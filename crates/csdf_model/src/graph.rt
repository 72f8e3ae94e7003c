//! The type of a graph that has passed each check.

ghost use Rattle.std.specs.Prelude.{◌≡◌, ◌<◌, ◌≤◌, map, length, string_bytes, slice_get, All, IfOk, IfSome};
ghost use Rattle.csdf_model.specs.Graph.{actor_view, channel_view, graph_view, inputs_of, outputs_of, ports_of, ports_view, with_capacity_at, without_cells};
ghost use Rattle.csdf_model.specs.Holding.{HasAsMany, beginning_with};
ghost use Rattle.csdf_model.specs.WellFormed.{IsCapacity, IsWellFormed};
ghost use Rattle.csdf_model.specs.Names.{number_in};

use crate::limits::MAX_CHANNELS;
use crate::numbers::number_in;
use crate::parts::{Actor, Channel};
use crate::ports::{Ports, gathered};
use indexmap::IndexSet;
use std::alloc::{AllocError, Global};
use std::marker::Model;

/// A cyclo-static dataflow graph that has passed each check: its parts are well formed,
/// fit each other and are all joined.
///
/// Actors and channels are numbered from 0 in file order.
pub struct Graph {
    actors: Vec<Actor>,
    channels: Vec<Channel>,
    cells: Option<u32>,
    actor_names: IndexSet<String>,
    channel_names: IndexSet<String>,
    ports: Vec<Ports>,
}

// Written out, so that where a graph is dropped this is called, and its parts are not gone through again.
impl Drop for Graph {
    fn drop(self) {
        let Graph {
            actors: _,
            channels: _,
            cells: _,
            actor_names: _,
            channel_names: _,
            ports: _,
        } = self;
    }
}

impl Model for Graph {
    ghost use Rattle.std.specs.Prelude.{◌≡◌, length, map, string_bytes};
    ghost use Rattle.csdf_model.specs.Graph.{Graph as GraphModel, actor_view, channel_view, graph_view, ports_view};
    ghost use Rattle.csdf_model.specs.Kept.{IsKept, all_ports};

    ghost Value = { GraphModel };

    ghost view = { λ g. graph_view g.actors.items g.channels.items g.cells };

    ghost invariant = { λ g. IsKept (map string_bytes g.actor_names.keys) (map string_bytes g.channel_names.keys)
        (graph_view g.actors.items g.channels.items g.cells)
        × (map ports_view g.ports.items ≡ all_ports (map channel_view g.channels.items) (length (map actor_view g.actors.items))) };
}

impl Graph {
    ghost use Rattle.csdf_model.specs.Kept.{IsKept};

    /// The graph of these parts, with the channels of each actor gathered.
    pub fn new(
        alloc: Global,
        actors: Vec<Actor>,
        channels: Vec<Channel>,
        cells: Option<u32>,
        actor_names: IndexSet<String>,
        channel_names: IndexSet<String>,
    ) -> Result<Graph, AllocError>
        requires { IsKept (map string_bytes actor_names.keys) (map string_bytes channel_names.keys) (graph_view actors.items channels.items cells) }
        ensures { IfOk result (λ graph. graph ≡ graph_view actors.items channels.items cells) }
    {
        let ports = gathered(alloc, &channels, actors.len())?;
        Ok(Graph {
            actors,
            channels,
            cells,
            actor_names,
            channel_names,
            ports,
        })
    }

    /// The actors, in file order.
    pub fn actors(&self) -> &[Actor]
        ensures value { map actor_view result.now ≡ self.now.actors }
        ensures well_formed { IsWellFormed self.now }
    {
        &self.actors
    }

    /// The channels, in file order.
    pub fn channels(&self) -> &[Channel]
        ensures value { map channel_view result.now ≡ self.now.channels }
        ensures well_formed { IsWellFormed self.now }
    {
        &self.channels
    }

    /// The number of cells of the pool that all channels share, where the file gives one.
    pub fn cells(&self) -> Option<u32>
        ensures { result ≡ self.now.cells }
    {
        self.cells
    }

    /// The channels of the actor.
    fn ports_of(&self, actor: u32) -> &Ports
        requires { actor < length self.now.actors }
        ensures ports { ports_view result.now ≡ ports_of self.now.channels actor }
        ensures few { length self.now.channels ≤ MAX_CHANNELS }
    {
        &self.ports[actor as usize]
    }

    /// The numbers of the channels that end at the actor, in file order.
    pub fn inputs(&self, actor: u32) -> &[u32]
        requires { actor < length self.now.actors }
        ensures value { result.now ≡ inputs_of self.now.channels actor }
        ensures within { All (λ c. c < length self.now.channels) result.now }
        ensures few { length result.now ≤ MAX_CHANNELS }
    {
        &self.ports_of(actor).inputs
    }

    /// The numbers of the channels that begin at the actor, in file order.
    pub fn outputs(&self, actor: u32) -> &[u32]
        requires { actor < length self.now.actors }
        ensures value { result.now ≡ outputs_of self.now.channels actor }
        ensures within { All (λ c. c < length self.now.channels) result.now }
        ensures few { length result.now ≤ MAX_CHANNELS }
    {
        &self.ports_of(actor).outputs
    }

    /// The number of the actor with this name, by one look-up.
    #[tactic(auto, using(crate::proofs::LinkLemmas::length_of_map))]
    pub fn actor_number(&self, name: &str) -> Option<u32>
        ensures { result ≡ number_in (map (λ a. a.name) self.now.actors) name.now }
    {
        match number_in(&self.actor_names, name) {
            Some(number) => Some(number as u32),
            None => None,
        }
    }

    /// The number of the channel with this name, by one look-up.
    #[tactic(auto, using(crate::proofs::LinkLemmas::length_of_map))]
    pub fn channel_number(&self, name: &str) -> Option<u32>
        ensures { result ≡ number_in (map (λ c. c.name) self.now.channels) name.now }
    {
        match number_in(&self.channel_names, name) {
            Some(number) => Some(number as u32),
            None => None,
        }
    }

    /// An equal graph in memory of its own.
    ///
    /// An error says that memory ran out.
    pub fn try_copy(&self, alloc: Global) -> Result<Graph, AllocError>
        ensures { IfOk result (λ graph. graph ≡ self.now) }
    {
        let actors = self.actors.clone()?;
        let channels = self.channels.clone()?;
        let actor_names = self.actor_names.clone()?;
        let channel_names = self.channel_names.clone()?;
        let cells = self.cells;
        Graph::new(alloc, actors, channels, cells, actor_names, channel_names)
    }

    /// Gives the channel this capacity, in the place of the one that it was given, if any.
    pub fn give_capacity(&mut self, channel: u32, capacity: u32)
        requires exists { channel < length self.old.channels }
        requires fits { IfSome (slice_get self.old.channels channel) (λ c. IsCapacity c capacity) }
        ensures { self.new ≡ with_capacity_at channel capacity self.old }
    {
        self.channels[channel as usize].capacity = Some(capacity);
    }

    /// Puts these tokens, as many as the channel begins with, in the place of its initial ones.
    pub fn begin_with(&mut self, channel: u32, tokens: Vec<i32>)
        requires exists { channel < length self.old.channels }
        requires as_many { IfSome (slice_get self.old.channels channel) (λ c. HasAsMany c tokens.items) }
        ensures { self.new ≡ beginning_with channel tokens.items self.old }
    {
        self.channels[channel as usize].initial = tokens;
    }

    /// The same graph where no number of cells is given.
    #[tactic(auto, using(crate::proofs::CopyLemmas::kept_without_cells))]
    pub fn without_cells(self) -> Graph
        ensures { result ≡ without_cells self }
    {
        let Graph {
            actors,
            channels,
            cells: _,
            actor_names,
            channel_names,
            ports,
        } = self;
        Graph {
            actors,
            channels,
            cells: None,
            actor_names,
            channel_names,
            ports,
        }
    }
}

> _EXERCISE PROMPT_
Keep every word the same and copy out all of the entries.

> _RESPONSE TO THE TASK_
filename crates/csdf_model/src/graph.rt
repository 72f8e3ae94e7003c
//! The type of a graph that has passed each check.

ghost use Rattle.std.specs.Prelude.{◌≡◌, ◌<◌, ◌≤◌, map, length, string_bytes, slice_get, All, IfOk, IfSome};
ghost use Rattle.csdf_model.specs.Graph.{actor_view, channel_view, graph_view, inputs_of, outputs_of, ports_of, ports_view, with_capacity_at, without_cells};
ghost use Rattle.csdf_model.specs.Holding.{HasAsMany, beginning_with};
ghost use Rattle.csdf_model.specs.WellFormed.{IsCapacity, IsWellFormed};
ghost use Rattle.csdf_model.specs.Names.{number_in};

use crate::limits::MAX_CHANNELS;
use crate::numbers::number_in;
use crate::parts::{Actor, Channel};
use crate::ports::{Ports, gathered};
use indexmap::IndexSet;
use std::alloc::{AllocError, Global};
use std::marker::Model;

/// A cyclo-static dataflow graph that has passed each check: its parts are well formed,
/// fit each other and are all joined.
///
/// Actors and channels are numbered from 0 in file order.
pub struct Graph {
    actors: Vec<Actor>,
    channels: Vec<Channel>,
    cells: Option<u32>,
    actor_names: IndexSet<String>,
    channel_names: IndexSet<String>,
    ports: Vec<Ports>,
}

// Written out, so that where a graph is dropped this is called, and its parts are not gone through again.
impl Drop for Graph {
    fn drop(self) {
        let Graph {
            actors: _,
            channels: _,
            cells: _,
            actor_names: _,
            channel_names: _,
            ports: _,
        } = self;
    }
}

impl Model for Graph {
    ghost use Rattle.std.specs.Prelude.{◌≡◌, length, map, string_bytes};
    ghost use Rattle.csdf_model.specs.Graph.{Graph as GraphModel, actor_view, channel_view, graph_view, ports_view};
    ghost use Rattle.csdf_model.specs.Kept.{IsKept, all_ports};

    ghost Value = { GraphModel };

    ghost view = { λ g. graph_view g.actors.items g.channels.items g.cells };

    ghost invariant = { λ g. IsKept (map string_bytes g.actor_names.keys) (map string_bytes g.channel_names.keys)
        (graph_view g.actors.items g.channels.items g.cells)
        × (map ports_view g.ports.items ≡ all_ports (map channel_view g.channels.items) (length (map actor_view g.actors.items))) };
}

impl Graph {
    ghost use Rattle.csdf_model.specs.Kept.{IsKept};

    /// The graph of these parts, with the channels of each actor gathered.
    pub fn new(
        alloc: Global,
        actors: Vec<Actor>,
        channels: Vec<Channel>,
        cells: Option<u32>,
        actor_names: IndexSet<String>,
        channel_names: IndexSet<String>,
    ) -> Result<Graph, AllocError>
        requires { IsKept (map string_bytes actor_names.keys) (map string_bytes channel_names.keys) (graph_view actors.items channels.items cells) }
        ensures { IfOk result (λ graph. graph ≡ graph_view actors.items channels.items cells) }
    {
        let ports = gathered(alloc, &channels, actors.len())?;
        Ok(Graph {
            actors,
            channels,
            cells,
            actor_names,
            channel_names,
            ports,
        })
    }

    /// The actors, in file order.
    pub fn actors(&self) -> &[Actor]
        ensures value { map actor_view result.now ≡ self.now.actors }
        ensures well_formed { IsWellFormed self.now }
    {
        &self.actors
    }

    /// The channels, in file order.
    pub fn channels(&self) -> &[Channel]
        ensures value { map channel_view result.now ≡ self.now.channels }
        ensures well_formed { IsWellFormed self.now }
    {
        &self.channels
    }

    /// The number of cells of the pool that all channels share, where the file gives one.
    pub fn cells(&self) -> Option<u32>
        ensures { result ≡ self.now.cells }
    {
        self.cells
    }

    /// The channels of the actor.
    fn ports_of(&self, actor: u32) -> &Ports
        requires { actor < length self.now.actors }
        ensures ports { ports_view result.now ≡ ports_of self.now.channels actor }
        ensures few { length self.now.channels ≤ MAX_CHANNELS }
    {
        &self.ports[actor as usize]
    }

    /// The numbers of the channels that end at the actor, in file order.
    pub fn inputs(&self, actor: u32) -> &[u32]
        requires { actor < length self.now.actors }
        ensures value { result.now ≡ inputs_of self.now.channels actor }
        ensures within { All (λ c. c < length self.now.channels) result.now }
        ensures few { length result.now ≤ MAX_CHANNELS }
    {
        &self.ports_of(actor).inputs
    }

    /// The numbers of the channels that begin at the actor, in file order.
    pub fn outputs(&self, actor: u32) -> &[u32]
        requires { actor < length self.now.actors }
        ensures value { result.now ≡ outputs_of self.now.channels actor }
        ensures within { All (λ c. c < length self.now.channels) result.now }
        ensures few { length result.now ≤ MAX_CHANNELS }
    {
        &self.ports_of(actor).outputs
    }

    /// The number of the actor with this name, by one look-up.
    #[tactic(auto, using(crate::proofs::LinkLemmas::length_of_map))]
    pub fn actor_number(&self, name: &str) -> Option<u32>
        ensures { result ≡ number_in (map (λ a. a.name) self.now.actors) name.now }
    {
        match number_in(&self.actor_names, name) {
            Some(number) => Some(number as u32),
            None => None,
        }
    }

    /// The number of the channel with this name, by one look-up.
    #[tactic(auto, using(crate::proofs::LinkLemmas::length_of_map))]
    pub fn channel_number(&self, name: &str) -> Option<u32>
        ensures { result ≡ number_in (map (λ c. c.name) self.now.channels) name.now }
    {
        match number_in(&self.channel_names, name) {
            Some(number) => Some(number as u32),
            None => None,
        }
    }

    /// An equal graph in memory of its own.
    ///
    /// An error says that memory ran out.
    pub fn try_copy(&self, alloc: Global) -> Result<Graph, AllocError>
        ensures { IfOk result (λ graph. graph ≡ self.now) }
    {
        let actors = self.actors.clone()?;
        let channels = self.channels.clone()?;
        let actor_names = self.actor_names.clone()?;
        let channel_names = self.channel_names.clone()?;
        let cells = self.cells;
        Graph::new(alloc, actors, channels, cells, actor_names, channel_names)
    }

    /// Gives the channel this capacity, in the place of the one that it was given, if any.
    pub fn give_capacity(&mut self, channel: u32, capacity: u32)
        requires exists { channel < length self.old.channels }
        requires fits { IfSome (slice_get self.old.channels channel) (λ c. IsCapacity c capacity) }
        ensures { self.new ≡ with_capacity_at channel capacity self.old }
    {
        self.channels[channel as usize].capacity = Some(capacity);
    }

    /// Puts these tokens, as many as the channel begins with, in the place of its initial ones.
    pub fn begin_with(&mut self, channel: u32, tokens: Vec<i32>)
        requires exists { channel < length self.old.channels }
        requires as_many { IfSome (slice_get self.old.channels channel) (λ c. HasAsMany c tokens.items) }
        ensures { self.new ≡ beginning_with channel tokens.items self.old }
    {
        self.channels[channel as usize].initial = tokens;
    }

    /// The same graph where no number of cells is given.
    #[tactic(auto, using(crate::proofs::CopyLemmas::kept_without_cells))]
    pub fn without_cells(self) -> Graph
        ensures { result ≡ without_cells self }
    {
        let Graph {
            actors,
            channels,
            cells: _,
            actor_names,
            channel_names,
            ports,
        } = self;
        Graph {
            actors,
            channels,
            cells: None,
            actor_names,
            channel_names,
            ports,
        }
    }
}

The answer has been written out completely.